Copy the records exactly, every one of them.

**DATA TO EXAMINE:**
↓↓↓
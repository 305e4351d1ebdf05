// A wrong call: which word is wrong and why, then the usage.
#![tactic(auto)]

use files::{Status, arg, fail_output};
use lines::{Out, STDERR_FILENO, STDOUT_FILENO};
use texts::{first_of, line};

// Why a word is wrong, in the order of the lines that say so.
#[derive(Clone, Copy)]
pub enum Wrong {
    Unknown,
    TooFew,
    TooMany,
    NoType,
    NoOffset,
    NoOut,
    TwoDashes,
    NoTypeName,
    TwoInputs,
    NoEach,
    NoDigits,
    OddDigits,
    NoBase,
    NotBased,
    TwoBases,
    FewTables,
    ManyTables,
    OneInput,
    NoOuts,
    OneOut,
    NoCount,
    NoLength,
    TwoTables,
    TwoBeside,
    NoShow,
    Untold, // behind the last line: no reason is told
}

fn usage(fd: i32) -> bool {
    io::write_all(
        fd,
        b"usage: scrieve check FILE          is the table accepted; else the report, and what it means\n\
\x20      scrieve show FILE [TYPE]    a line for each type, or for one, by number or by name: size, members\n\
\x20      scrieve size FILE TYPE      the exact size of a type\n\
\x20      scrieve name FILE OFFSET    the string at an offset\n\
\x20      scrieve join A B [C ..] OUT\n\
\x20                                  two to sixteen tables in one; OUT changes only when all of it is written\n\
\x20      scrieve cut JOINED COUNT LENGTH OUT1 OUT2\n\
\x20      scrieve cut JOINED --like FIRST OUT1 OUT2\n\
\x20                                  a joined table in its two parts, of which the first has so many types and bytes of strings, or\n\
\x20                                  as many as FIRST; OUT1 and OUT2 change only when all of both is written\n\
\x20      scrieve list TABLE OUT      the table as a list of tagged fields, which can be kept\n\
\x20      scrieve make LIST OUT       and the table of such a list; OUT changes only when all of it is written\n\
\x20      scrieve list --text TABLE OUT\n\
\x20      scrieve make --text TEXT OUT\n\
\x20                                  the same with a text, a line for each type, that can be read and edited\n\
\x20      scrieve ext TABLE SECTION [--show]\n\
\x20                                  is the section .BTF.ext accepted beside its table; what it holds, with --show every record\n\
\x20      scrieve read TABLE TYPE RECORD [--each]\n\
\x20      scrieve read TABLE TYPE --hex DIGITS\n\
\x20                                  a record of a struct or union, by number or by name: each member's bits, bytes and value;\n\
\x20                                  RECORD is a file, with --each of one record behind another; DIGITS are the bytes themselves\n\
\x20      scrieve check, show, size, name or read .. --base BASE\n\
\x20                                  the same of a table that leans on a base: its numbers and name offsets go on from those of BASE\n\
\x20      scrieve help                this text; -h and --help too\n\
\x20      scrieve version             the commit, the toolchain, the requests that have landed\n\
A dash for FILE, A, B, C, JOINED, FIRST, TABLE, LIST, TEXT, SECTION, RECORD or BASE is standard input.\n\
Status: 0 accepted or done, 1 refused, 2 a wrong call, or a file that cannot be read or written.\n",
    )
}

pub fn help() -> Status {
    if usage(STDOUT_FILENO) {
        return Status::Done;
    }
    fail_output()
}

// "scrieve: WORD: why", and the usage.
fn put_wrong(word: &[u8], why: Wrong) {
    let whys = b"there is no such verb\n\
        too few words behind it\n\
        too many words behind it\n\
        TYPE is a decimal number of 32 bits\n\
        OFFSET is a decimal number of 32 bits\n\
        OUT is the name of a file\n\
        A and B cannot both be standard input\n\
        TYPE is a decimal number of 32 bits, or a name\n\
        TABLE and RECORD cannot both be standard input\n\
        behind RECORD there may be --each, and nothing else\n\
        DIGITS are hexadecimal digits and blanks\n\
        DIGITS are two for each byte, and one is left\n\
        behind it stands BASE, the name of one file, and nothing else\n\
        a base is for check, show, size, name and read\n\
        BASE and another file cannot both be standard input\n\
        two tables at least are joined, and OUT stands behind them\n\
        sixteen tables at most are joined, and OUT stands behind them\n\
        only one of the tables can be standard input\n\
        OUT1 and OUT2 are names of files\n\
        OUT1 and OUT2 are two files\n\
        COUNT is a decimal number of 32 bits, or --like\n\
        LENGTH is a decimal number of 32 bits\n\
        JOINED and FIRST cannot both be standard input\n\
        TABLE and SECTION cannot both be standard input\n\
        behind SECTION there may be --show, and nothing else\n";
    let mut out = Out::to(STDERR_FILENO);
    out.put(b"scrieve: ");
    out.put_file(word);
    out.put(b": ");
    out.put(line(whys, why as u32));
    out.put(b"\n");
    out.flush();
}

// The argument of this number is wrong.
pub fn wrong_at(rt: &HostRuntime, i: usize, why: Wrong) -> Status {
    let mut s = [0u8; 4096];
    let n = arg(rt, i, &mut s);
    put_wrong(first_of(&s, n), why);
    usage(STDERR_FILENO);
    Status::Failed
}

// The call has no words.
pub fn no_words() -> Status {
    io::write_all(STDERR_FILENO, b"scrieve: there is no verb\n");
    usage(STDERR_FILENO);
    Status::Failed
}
↑↑↑
**EXPECTED ANSWER:**
repository 305e4351d1ebdf05
// A wrong call: which word is wrong and why, then the usage.
#![tactic(auto)]

use files::{Status, arg, fail_output};
use lines::{Out, STDERR_FILENO, STDOUT_FILENO};
use texts::{first_of, line};

// Why a word is wrong, in the order of the lines that say so.
#[derive(Clone, Copy)]
pub enum Wrong {
    Unknown,
    TooFew,
    TooMany,
    NoType,
    NoOffset,
    NoOut,
    TwoDashes,
    NoTypeName,
    TwoInputs,
    NoEach,
    NoDigits,
    OddDigits,
    NoBase,
    NotBased,
    TwoBases,
    FewTables,
    ManyTables,
    OneInput,
    NoOuts,
    OneOut,
    NoCount,
    NoLength,
    TwoTables,
    TwoBeside,
    NoShow,
    Untold, // behind the last line: no reason is told
}

fn usage(fd: i32) -> bool {
    io::write_all(
        fd,
        b"usage: scrieve check FILE          is the table accepted; else the report, and what it means\n\
\x20      scrieve show FILE [TYPE]    a line for each type, or for one, by number or by name: size, members\n\
\x20      scrieve size FILE TYPE      the exact size of a type\n\
\x20      scrieve name FILE OFFSET    the string at an offset\n\
\x20      scrieve join A B [C ..] OUT\n\
\x20                                  two to sixteen tables in one; OUT changes only when all of it is written\n\
\x20      scrieve cut JOINED COUNT LENGTH OUT1 OUT2\n\
\x20      scrieve cut JOINED --like FIRST OUT1 OUT2\n\
\x20                                  a joined table in its two parts, of which the first has so many types and bytes of strings, or\n\
\x20                                  as many as FIRST; OUT1 and OUT2 change only when all of both is written\n\
\x20      scrieve list TABLE OUT      the table as a list of tagged fields, which can be kept\n\
\x20      scrieve make LIST OUT       and the table of such a list; OUT changes only when all of it is written\n\
\x20      scrieve list --text TABLE OUT\n\
\x20      scrieve make --text TEXT OUT\n\
\x20                                  the same with a text, a line for each type, that can be read and edited\n\
\x20      scrieve ext TABLE SECTION [--show]\n\
\x20                                  is the section .BTF.ext accepted beside its table; what it holds, with --show every record\n\
\x20      scrieve read TABLE TYPE RECORD [--each]\n\
\x20      scrieve read TABLE TYPE --hex DIGITS\n\
\x20                                  a record of a struct or union, by number or by name: each member's bits, bytes and value;\n\
\x20                                  RECORD is a file, with --each of one record behind another; DIGITS are the bytes themselves\n\
\x20      scrieve check, show, size, name or read .. --base BASE\n\
\x20                                  the same of a table that leans on a base: its numbers and name offsets go on from those of BASE\n\
\x20      scrieve help                this text; -h and --help too\n\
\x20      scrieve version             the commit, the toolchain, the requests that have landed\n\
A dash for FILE, A, B, C, JOINED, FIRST, TABLE, LIST, TEXT, SECTION, RECORD or BASE is standard input.\n\
Status: 0 accepted or done, 1 refused, 2 a wrong call, or a file that cannot be read or written.\n",
    )
}

pub fn help() -> Status {
    if usage(STDOUT_FILENO) {
        return Status::Done;
    }
    fail_output()
}

// "scrieve: WORD: why", and the usage.
fn put_wrong(word: &[u8], why: Wrong) {
    let whys = b"there is no such verb\n\
        too few words behind it\n\
        too many words behind it\n\
        TYPE is a decimal number of 32 bits\n\
        OFFSET is a decimal number of 32 bits\n\
        OUT is the name of a file\n\
        A and B cannot both be standard input\n\
        TYPE is a decimal number of 32 bits, or a name\n\
        TABLE and RECORD cannot both be standard input\n\
        behind RECORD there may be --each, and nothing else\n\
        DIGITS are hexadecimal digits and blanks\n\
        DIGITS are two for each byte, and one is left\n\
        behind it stands BASE, the name of one file, and nothing else\n\
        a base is for check, show, size, name and read\n\
        BASE and another file cannot both be standard input\n\
        two tables at least are joined, and OUT stands behind them\n\
        sixteen tables at most are joined, and OUT stands behind them\n\
        only one of the tables can be standard input\n\
        OUT1 and OUT2 are names of files\n\
        OUT1 and OUT2 are two files\n\
        COUNT is a decimal number of 32 bits, or --like\n\
        LENGTH is a decimal number of 32 bits\n\
        JOINED and FIRST cannot both be standard input\n\
        TABLE and SECTION cannot both be standard input\n\
        behind SECTION there may be --show, and nothing else\n";
    let mut out = Out::to(STDERR_FILENO);
    out.put(b"scrieve: ");
    out.put_file(word);
    out.put(b": ");
    out.put(line(whys, why as u32));
    out.put(b"\n");
    out.flush();
}

// The argument of this number is wrong.
pub fn wrong_at(rt: &HostRuntime, i: usize, why: Wrong) -> Status {
    let mut s = [0u8; 4096];
    let n = arg(rt, i, &mut s);
    put_wrong(first_of(&s, n), why);
    usage(STDERR_FILENO);
    Status::Failed
}

// The call has no words.
pub fn no_words() -> Status {
    io::write_all(STDERR_FILENO, b"scrieve: there is no verb\n");
    usage(STDERR_FILENO);
    Status::Failed
}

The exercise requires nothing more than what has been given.